Wassili Smyslow feierte in diesem Jahr seinen 85. Geburtstag. Trotz des stolzen Alters verfolgt der Exweltmeister aus Russland noch immer mit großem Interesse das Schachgeschehen, analysiert Partien und komponiert Studien. Sein neues Buch „Geheimnisse des Turmendspiels“ erscheint jetzt pünktlich vor Weihnachten in deutscher Sprache in der Edition Olms. Dagobert Kohlmeyer, der das Manuskript übersetzte, hat den Endspielvirtuosen Smyslow auch zum Thema interviewt. Wir bringen mit freundlicher Genehmigung des Verlages Auszüge aus dem Gespräch.

Welches ist Ihre Lieblingsfigur im Schach?

Das ist schwer zu sagen. Eigentlich mag ich sämtliche Figuren, die auf dem Brett stehen.
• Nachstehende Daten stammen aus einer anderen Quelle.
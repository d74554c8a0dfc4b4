//! How many calls of each kind there were, and how long they took.
use crate::phase::{CallKind, KINDS};
use std::io;
use std::time::{Duration, Instant};

// What is known of the calls of one kind.
#[derive(Clone, Copy, Debug, PartialEq, Eq)]
struct Tally {
    calls: u64,
    nanoseconds: u64,
}

/// The calls of all kinds.
#[derive(Clone, Copy, Debug, PartialEq, Eq)]
pub(crate) struct Meter {
    /// What reading the clock takes, which is left out of all times; none where no time is taken.
    clock: Option<u64>,
    tallies: [Tally; KINDS],
}

impl Meter {
    pub(crate) fn new(clock: Option<u64>) -> Meter {
        let none = Tally {
            calls: 0,
            nanoseconds: 0,
        };
        Meter {
            clock,
            tallies: [none; KINDS],
        }
    }

    /// When the next calls begin, where times are taken.
    pub(crate) fn start(&self, rt: &HostRuntime) -> io::Result<Option<Instant>> {
        match self.clock {
            Some(_) => Ok(Some(Instant::now(rt)?)),
            None => Ok(None),
        }
    }

    /// So many calls more, and the time since their start.
    pub(crate) fn stop(
        &mut self,
        rt: &HostRuntime,
        kind: CallKind,
        calls: u64,
        start: Option<Instant>,
    ) -> io::Result<()> {
        let took = match start {
            Some(start) => nanoseconds(start.elapsed(rt)?),
            None => 0,
        };
        let nanoseconds = took.saturating_sub(self.clock.unwrap_or(0));
        if let Some(tally) = self.tallies.get_mut(kind as usize) {
            tally.calls = tally.calls.saturating_add(calls);
            tally.nanoseconds = tally.nanoseconds.saturating_add(nanoseconds);
        }
        Ok(())
    }

    /// How many calls there were.
    pub(crate) fn calls(&self) -> u64 {
        let mut calls = 0u64;
        for tally in self.tallies {
            calls = calls.saturating_add(tally.calls);
        }
        calls
    }

    /// Prints a line for each kind of which there were calls, where times were taken.
    pub(crate) fn print(&self, rt: &HostRuntime) -> io::Result<()> {
        if self.clock.is_none() {
            return Ok(());
        }
        for (kind, tally) in CallKind::ALL.iter().zip(self.tallies.iter()) {
            print_tally(rt, *kind, tally)?;
        }
        Ok(())
    }
}

fn print_tally(rt: &HostRuntime, kind: CallKind, tally: &Tally) -> io::Result<()> {
    if tally.calls == 0 {
        return Ok(());
    }
    let tenths = tally.nanoseconds.saturating_mul(10) / tally.calls;
    println!(rt;
        "    {kind}: {} calls, {}.{} ns a call",
        tally.calls,
        tenths / 10,
        tenths % 10
    )
}

fn nanoseconds(took: Duration) -> u64 {
    took.as_secs()
        .saturating_mul(1_000_000_000)
        .saturating_add(u64::from(took.subsec_nanos()))
}

// How often the clock is read to know what that takes.
const READINGS: u32 = 10_000;

/// What it takes at least to read the clock twice, in nanoseconds.
pub(crate) fn clock_cost(rt: &HostRuntime) -> io::Result<u64> {
    let mut least = u64::MAX;
    for _ in 0..READINGS {
        let start = Instant::now(rt)?;
        least = least.min(nanoseconds(start.elapsed(rt)?));
    }
    Ok(least)
}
Ich spiele mit allen gern.

Mögen Sie Türme besonders? 

Dieser Eindruck könnte entstehen, wenn man sich das vorliegende Buch ansieht. Es gibt einfach sehr viele praktische Beispiele dafür, was ich mit den Türmen vollbracht habe. In den meisten Fällen ging es darum, schön zu gewinnen. Wenn ich mich hingegen in schwierigen Situationen befand, und das kam natürlich auch vor, dann musste ich mich zuweilen kunstvoll verteidigen.
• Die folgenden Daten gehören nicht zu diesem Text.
//! Rounds of calls: each opens floors anew and goes on until their rows are used.
use crate::digest::Digest;
use crate::lane::Lane;
use crate::meter::Meter;
use crate::phase::{CallKind, Step};
use crate::workload::{Calls, Workload};
use chooser::Chooser;
use ledger::Ledger;
use quorum::Majority;
use std::alloc::{AllocError, Global};
use std::io;
use synod::Synod;
use tables::Members;

// How many floors there are side by side, so that a phase has enough calls for the clock.
const LANES: usize = 4;

// How many hand-overs a floor can have.
const HAND_OVERS: u8 = 16;

/// A chooser that can be made with nothing offered.
pub(crate) trait Fresh: Chooser + Drop {
    fn fresh() -> Self;
}

impl Fresh for Ledger {
    fn fresh() -> Ledger {
        Ledger::new()
    }
}

impl Fresh for Synod {
    fn fresh() -> Synod {
        Synod::new(&Majority)
    }
}

/// Floors side by side, on which the same calls are made.
#[derive(Drop)]
pub(crate) struct Lanes<S: Fresh> {
    workload: Workload,
    lanes: Vec<Lane<S>>,
    digest: Digest,
}

impl<S: Fresh> Lanes<S> {
    pub(crate) fn new(alloc: Global, workload: Workload) -> Result<Lanes<S>, AllocError> {
        let mut lanes = Vec::new(alloc);
        for _ in 0..LANES {
            lanes.push(Lane::new(alloc, workload.lengths(), S::fresh())?)?;
        }
        Ok(Lanes {
            workload,
            lanes,
            digest: Digest::new(),
        })
    }

    /// What all calls answered and left.
    pub(crate) fn digest(&self) -> u64 {
        self.digest.value()
    }

    /// Opens the floors, and makes as many calls as their rows allow.
    pub(crate) fn round(&mut self, rt: &HostRuntime, meter: &mut Meter) -> io::Result<()> {
        for lane in self.lanes.iter_mut() {
            lane.renew(S::fresh());
        }
        let members = group(self.workload.members, 0);
        self.timed(rt, meter, CallKind::Open, Step::Open { members })?;
        match self.workload.calls {
            Calls::Reads => self.reads(rt, meter)?,
            Calls::Writes => self.writes(rt, meter)?,
            Calls::HandOversByLedger | Calls::HandOversBySynod => self.hand_overs(rt, meter)?,
        }
        self.add_tables();
        Ok(())
    }

    fn add_tables(&mut self) {
        for lane in self.lanes.iter() {
            lane.add_tables(&mut self.digest);
        }
    }

    // How many operations leave slots enough for their replies.
    fn at_once(&self) -> u16 {
        let each = 2 * u16::from(self.workload.members);
        self.workload.slots.checked_div(each).unwrap_or(0)
    }

    // How often so many operations find rows.
    fn cycles(&self) -> u16 {
        self.workload.rows.checked_div(self.at_once()).unwrap_or(0)
    }

    fn reads(&mut self, rt: &HostRuntime, meter: &mut Meter) -> io::Result<()> {
        let count = self.at_once();
        for _ in 0..self.cycles() {
            self.timed(rt, meter, CallKind::Read, Step::Read { node: 1, count })?;
            self.delivered(
                rt,
                meter,
                CallKind::DeliverGet,
                CallKind::DeliverGetAck,
                count,
            )?;
        }
        Ok(())
    }

    fn writes(&mut self, rt: &HostRuntime, meter: &mut Meter) -> io::Result<()> {
        let count = self.at_once();
        for _ in 0..self.cycles() {
            self.timed(rt, meter, CallKind::Write, Step::Write { node: 1, count })?;
            self.delivered(
                rt,
                meter,
                CallKind::DeliverPut,
                CallKind::DeliverPutAck,
                count,
            )?;
        }
        Ok(())
    }

    // Delivers the frames of so many operations and then the replies, and loses all.
    fn delivered(
        &mut self,
        rt: &HostRuntime,
        meter: &mut Meter,
        asked: CallKind,
        replied: CallKind,
        operations: u16,
    ) -> io::Result<()> {
        let sent = operations.saturating_mul(u16::from(self.workload.members));
        let end = sent.saturating_mul(2);
        let first = 0;
        self.timed(rt, meter, asked, Step::Deliver { first, end: sent })?;
        self.timed(rt, meter, replied, Step::Deliver { first: sent, end })?;
        self.timed(rt, meter, CallKind::Lose, Step::Lose { first, end })
    }

    fn hand_overs(&mut self, rt: &HostRuntime, meter: &mut Meter) -> io::Result<()> {
        for number in 0..HAND_OVERS {
            self.hand_over(rt, meter, number)?;
        }
        Ok(())
    }

    fn hand_over(&mut self, rt: &HostRuntime, meter: &mut Meter, number: u8) -> io::Result<()> {
        let node = group(self.workload.members, number).primary();
        let members = group(self.workload.members, number.saturating_add(1));
        let operation = u16::from(number);
        self.timed(
            rt,
            meter,
            CallKind::Regroup,
            Step::Regroup { node, members },
        )?;
        self.delivered(rt, meter, CallKind::DeliverFreeze, CallKind::DeliverHeld, 1)?;
        self.timed(rt, meter, CallKind::Propose, Step::Propose { operation })?;
        if self.workload.calls == Calls::HandOversBySynod {
            self.timed(rt, meter, CallKind::Work, Step::Work { number })?;
        }
        self.timed(rt, meter, CallKind::Settle, Step::Settle { node })?;
        let first = 0;
        let end = u16::from(self.workload.members);
        self.timed(
            rt,
            meter,
            CallKind::DeliverUpdate,
            Step::Deliver { first, end },
        )?;
        self.timed(rt, meter, CallKind::Lose, Step::Lose { first, end })
    }

    // Makes the calls of a step on each floor, and takes the time of all.
    fn timed(
        &mut self,
        rt: &HostRuntime,
        meter: &mut Meter,
        kind: CallKind,
        step: Step,
    ) -> io::Result<()> {
        let start = meter.start(rt)?;
        for lane in self.lanes.iter_mut() {
            lane.make(&step, &mut self.digest);
        }
        let calls = step.calls().saturating_mul(LANES as u64);
        meter.stop(rt, kind, calls, start)
    }
}

// The members under a number: two groups take turns.
fn group(size: u8, number: u8) -> Members {
    match (size, number % 2) {
        (3, 0) => Members::new(&[1, 2, 3]),
        (3, _) => Members::new(&[4, 5, 6]),
        (_, 0) => Members::new(&[1, 2, 3, 4, 5, 6, 7]),
        _ => Members::new(&[8, 9, 10, 11, 12, 13, 14]),
    }
}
Wie wichtig sind in einer Partie die „Türme in der Schlacht“?

Ich verrate kein Geheimnis, wenn ich sage, dass die Bedeutung der Türme in aller Regel mit zunehmender Spieldauer wächst. Das heißt, je mehr die Entscheidung in einem Kampf heranreift, desto wichtiger werden diese Schwerfiguren.
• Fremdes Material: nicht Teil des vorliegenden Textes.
//! A number that tells runs apart.

/// What was answered so far, as one number: it depends on each answer and on their order.
#[derive(Clone, Copy, Debug, PartialEq, Eq)]
pub(crate) struct Digest {
    value: u64,
}

impl Digest {
    pub(crate) fn new() -> Digest {
        Digest { value: 0 }
    }

    pub(crate) fn value(&self) -> u64 {
        self.value
    }

    /// One more number.
    pub(crate) fn add(&mut self, number: u64) {
        self.value = (self.value ^ number).wrapping_mul(0x0000_0100_0000_01b3);
    }

    /// One more number after the other.
    pub(crate) fn add_bytes(&mut self, bytes: &[u8]) {
        for byte in bytes {
            self.add(u64::from(*byte));
        }
    }
}
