//! Calls of one kind that are timed together.
use std::fmt;
use tables::Members;

/// What a call does, and for a delivery also what is delivered.
#[derive(Clone, Copy, Debug, PartialEq, Eq)]
pub(crate) enum CallKind {
    Open,
    Read,
    DeliverGet,
    DeliverGetAck,
    Write,
    DeliverPut,
    DeliverPutAck,
    Lose,
    Regroup,
    DeliverFreeze,
    DeliverHeld,
    Propose,
    Work,
    Settle,
    DeliverUpdate,
}

/// How many kinds of call there are.
pub(crate) const KINDS: usize = 15;

impl CallKind {
    pub(crate) const ALL: [CallKind; KINDS] = [
        CallKind::Open,
        CallKind::Read,
        CallKind::DeliverGet,
        CallKind::DeliverGetAck,
        CallKind::Write,
        CallKind::DeliverPut,
        CallKind::DeliverPutAck,
        CallKind::Lose,
        CallKind::Regroup,
        CallKind::DeliverFreeze,
        CallKind::DeliverHeld,
        CallKind::Propose,
        CallKind::Work,
        CallKind::Settle,
        CallKind::DeliverUpdate,
    ];
}

impl fmt::Display for CallKind {
    fn fmt<W: fmt::Write>(&self, f: &mut fmt::Formatter<W>) -> fmt::Result {
        f.write_str(match self {
            CallKind::Open => "open",
            CallKind::Read => "read",
            CallKind::DeliverGet => "deliver get",
            CallKind::DeliverGetAck => "deliver get-ack",
            CallKind::Write => "write",
            CallKind::DeliverPut => "deliver put",
            CallKind::DeliverPutAck => "deliver put-ack",
            CallKind::Lose => "lose",
            CallKind::Regroup => "regroup",
            CallKind::DeliverFreeze => "deliver freeze",
            CallKind::DeliverHeld => "deliver held",
            CallKind::Propose => "propose",
            CallKind::Work => "work",
            CallKind::Settle => "settle",
            CallKind::DeliverUpdate => "deliver update",
        })
    }
}

/// The calls of a phase, which are made on each floor.
#[derive(Clone, Copy, Debug, PartialEq, Eq)]
pub(crate) enum Step {
    Open { members: Members },
    Read { node: u8, count: u16 },
    Write { node: u8, count: u16 },
    /// The slots from the first on, below the end.
    Deliver { first: u16, end: u16 },
    Lose { first: u16, end: u16 },
    Regroup { node: u8, members: Members },
    Propose { operation: u16 },
    /// The eight steps by which a synod decides.
    Work { number: u8 },
    Settle { node: u8 },
}

impl Step {
    /// How many calls it is on one floor.
    pub(crate) fn calls(&self) -> u64 {
        match self {
            Step::Read { count, .. } | Step::Write { count, .. } => u64::from(*count),
            Step::Deliver { first, end } | Step::Lose { first, end } => {
                u64::from(end.saturating_sub(*first))
            }
            Step::Work { .. } => 8,
            _ => 1,
        }
    }
}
Turmendspiele kommen ja auch am häufigsten in der Turnierpraxis vor.

Das ist richtig. In über der Hälfte aller Endspiele kommen Türme vor. Nichtsdestoweniger machen sie den meisten Schachspielern große Schwierigkeiten. Wir kennen das geflügelte Wort vom Maestro Tartakower, dass Turmendspiele nicht zu gewinnen sind. Warum wohl? Es liegt sicher daran, dass in diesem Typ das Verteidigungspotential sehr groß ist.

Hat Sie Ihr Vater, der auch ein starker Spieler war, schon früh auf die Bedeutung der Türme hingewiesen?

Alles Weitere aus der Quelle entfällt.